▶ What is expected: Reading down the listing below, count the lines where the word "behind" shows up, then give only that count.

▶ Input data:

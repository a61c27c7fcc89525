//! Files, scripts and outputs that fail, are too long or stop short, and what they leave.

use crate::calls::{NAME, ROOM, RULES, bytes, call, database};
use db_commands::{InputFault, Status};
use reg_base::{Bytes, FailingFiles, FailingSink, FailingSource};
use rule_tables::DbFault;
use std::alloc::Global;
use std::process::Abort;
use std::test::Fail;

/// What a file or a script holds.
#[derive(Clone, Copy)]
pub enum Content<'a> {
    /// The database file of the usual rules.
    Rules,
    /// These bytes.
    Bytes(&'a [u8]),
    /// These bytes, and behind them one byte so often.
    Padded(&'a [u8], u8, usize),
    /// These bytes, behind them blanks so often, and then others.
    Between(&'a [u8], usize, &'a [u8]),
}

/// A run of a script over a file and over devices that fail at the listed calls, with its status and its
/// output.
#[derive(Clone, Copy)]
pub struct Run<'a> {
    pub name: &'a str,
    pub file_name: &'a str,
    pub file: Content<'a>,
    pub script: Content<'a>,
    /// How many bytes of the script a read takes at most.
    pub piece: usize,
    pub failing_files: &'a [u64],
    pub failing_reads: &'a [u64],
    pub failing_writes: &'a [u64],
    pub status: Status,
    pub output: &'a [u8],
}

const RUNS: [Run<'_>; 17] = [
    Run {
        name: "no newline at the end",
        file_name: NAME,
        file: Content::Rules,
        script: Content::Bytes(b"at 5"),
        piece: 5,
        failing_files: &[],
        failing_reads: &[],
        failing_writes: &[],
        status: Status::Done,
        output: b"ok\n",
    },
    Run {
        name: "an empty script",
        file_name: NAME,
        file: Content::Rules,
        script: Content::Bytes(b""),
        piece: 5,
        failing_files: &[],
        failing_reads: &[],
        failing_writes: &[],
        status: Status::Done,
        output: b"",
    },
    Run {
        name: "an empty line",
        file_name: NAME,
        file: Content::Rules,
        script: Content::Bytes(b"\n"),
        piece: 5,
        failing_files: &[],
        failing_reads: &[],
        failing_writes: &[],
        status: Status::Done,
        output: b"",
    },
    Run {
        name: "no newline behind two lines",
        file_name: NAME,
        file: Content::Rules,
        script: Content::Bytes(b"at 5\nat 6"),
        piece: 5,
        failing_files: &[],
        failing_reads: &[],
        failing_writes: &[],
        status: Status::Done,
        output: b"ok\nok\n",
    },
    Run {
        name: "empty lines",
        file_name: NAME,
        file: Content::Rules,
        script: Content::Bytes(b"at 5\n\nat 6\n\n"),
        piece: 5,
        failing_files: &[],
        failing_reads: &[],
        failing_writes: &[],
        status: Status::Done,
        output: b"ok\nok\n",
    },
    Run {
        name: "a last line that is none",
        file_name: NAME,
        file: Content::Rules,
        script: Content::Bytes(b"at 5\nat 6 7"),
        piece: 5,
        failing_files: &[],
        failing_reads: &[],
        failing_writes: &[],
        status: Status::Done,
        output: b"ok\nline fault: unknown word 3\n",
    },
    Run {
        name: "a line of 4096 bytes",
        file_name: NAME,
        file: Content::Rules,
        script: Content::Padded(b"at 5", b' ', 4_092),
        piece: 5,
        failing_files: &[],
        failing_reads: &[],
        failing_writes: &[],
        status: Status::Done,
        output: b"ok\n",
    },
    Run {
        name: "a line of 4097 bytes",
        file_name: NAME,
        file: Content::Rules,
        script: Content::Padded(b"at 5", b' ', 4_093),
        piece: 5,
        failing_files: &[],
        failing_reads: &[],
        failing_writes: &[],
        status: Status::Done,
        output: b"line fault: too long\n",
    },
    Run {
        name: "a script of more bytes than a file may have",
        file_name: NAME,
        file: Content::Rules,
        script: Content::Padded(b"", b'\n', 16_777_217),
        piece: 65_536,
        failing_files: &[],
        failing_reads: &[],
        failing_writes: &[],
        status: Status::Done,
        output: b"",
    },
    Run {
        name: "a file that is too short",
        file_name: NAME,
        file: Content::Bytes(b"RGDB\0\0\0"),
        script: Content::Bytes(b"at 5"),
        piece: 5,
        failing_files: &[],
        failing_reads: &[],
        failing_writes: &[],
        status: Status::Refused(InputFault::Database(DbFault::Short(7))),
        output: b"",
    },
    Run {
        name: "a file that is no database",
        file_name: NAME,
        file: Content::Bytes(b"RGDC\0\0\0\x14"),
        script: Content::Bytes(b"at 5"),
        piece: 5,
        failing_files: &[],
        failing_reads: &[],
        failing_writes: &[],
        status: Status::Refused(InputFault::Database(DbFault::BadMagic(0x5247_4443))),
        output: b"",
    },
    Run {
        name: "no such file",
        file_name: "other.db",
        file: Content::Rules,
        script: Content::Bytes(b"at 5"),
        piece: 5,
        failing_files: &[],
        failing_reads: &[],
        failing_writes: &[],
        status: Status::ReadFault,
        output: b"",
    },
    Run {
        name: "a file that fails",
        file_name: NAME,
        file: Content::Rules,
        script: Content::Bytes(b"at 5"),
        piece: 5,
        failing_files: &[1],
        failing_reads: &[],
        failing_writes: &[],
        status: Status::ReadFault,
        output: b"",
    },
    Run {
        name: "a file of 16777217 bytes",
        file_name: NAME,
        file: Content::Padded(b"", 0, 16_777_217),
        script: Content::Bytes(b"at 5"),
        piece: 5,
        failing_files: &[],
        failing_reads: &[],
        failing_writes: &[],
        status: Status::TooLong,
        output: b"",
    },
    Run {
        name: "the second read fails",
        file_name: NAME,
        file: Content::Rules,
        script: Content::Bytes(b"at 5\nat 6\n"),
        piece: 5,
        failing_files: &[],
        failing_reads: &[2],
        failing_writes: &[],
        status: Status::ReadFault,
        output: b"ok\n",
    },
    Run {
        name: "the second write fails",
        file_name: NAME,
        file: Content::Rules,
        script: Content::Bytes(b"at 5\nat 4\n"),
        piece: 5,
        failing_files: &[],
        failing_reads: &[],
        failing_writes: &[2],
        status: Status::WriteFault,
        output: b"ok\n",
    },
    // the script has two replies, and lines without one make no write
    Run {
        name: "a third write would fail",
        file_name: NAME,
        file: Content::Rules,
        script: Content::Bytes(b"at 5\n\n# 6\n\nat 7\n"),
        piece: 5,
        failing_files: &[],
        failing_reads: &[],
        failing_writes: &[3],
        status: Status::Done,
        output: b"ok\nok\n",
    },
];

/// The bytes that the file or the script holds.
fn held(alloc: Global, content: Content<'_>) -> Result<Bytes, Fail> {
    match content {
        Content::Rules => database(alloc, RULES),
        Content::Bytes(given) => bytes(alloc, given),
        Content::Padded(front, byte, count) => {
            let mut whole = bytes(alloc, front)?;
            let rest = vec![in alloc; byte; count]?;
            whole.append(rest.as_slice())?;
            Ok(whole)
        }
        Content::Between(front, count, behind) => between(alloc, front, count, behind),
    }
}

/// The front, blanks so often, and what stands behind them.
fn between(alloc: Global, front: &[u8], count: usize, behind: &[u8]) -> Result<Bytes, Fail> {
    let mut whole = bytes(alloc, front)?;
    let blanks = vec![in alloc; b' '; count]?;
    whole.append(blanks.as_slice())?;
    whole.append(behind)?;
    Ok(whole)
}

/// The run ends with its status, and its output is written then.
pub fn end_so(rt: &impl Abort, alloc: Global, run: &Run<'_>) -> Result<(), Fail> {
    assert!(rt; run.piece > 0, "{}", run.name);
    let file = held(alloc, run.file)?;
    let script = held(alloc, run.script)?;
    let mut files = FailingFiles::new(alloc, run.file_name, file, run.failing_files)?;
    let mut input = FailingSource::new(alloc, script, run.piece, run.failing_reads)?;
    let mut out = FailingSink::new(alloc, ROOM, run.failing_writes)?;
    let (status, _faults) = call(alloc, &[], &mut files, &mut input, &mut out)?;
    assert!(rt; status == run.status, "{}", run.name);
    assert!(rt; out.written() == run.output, "{}", run.name);
    Ok(())
}

/// Each run ends so.
fn all_end_so(rt: &impl Abort, alloc: Global, runs: &[Run<'_>]) -> Result<(), Fail> {
    for run in runs {
        end_so(rt, alloc, run)?;
    }
    Ok(())
}

#[test]
fn runs_end_with_their_status(rt: HostRuntime) -> Result<(), Fail> {
    all_end_so(&rt, rt.alloc(), &RUNS)
}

▶ Task output: 7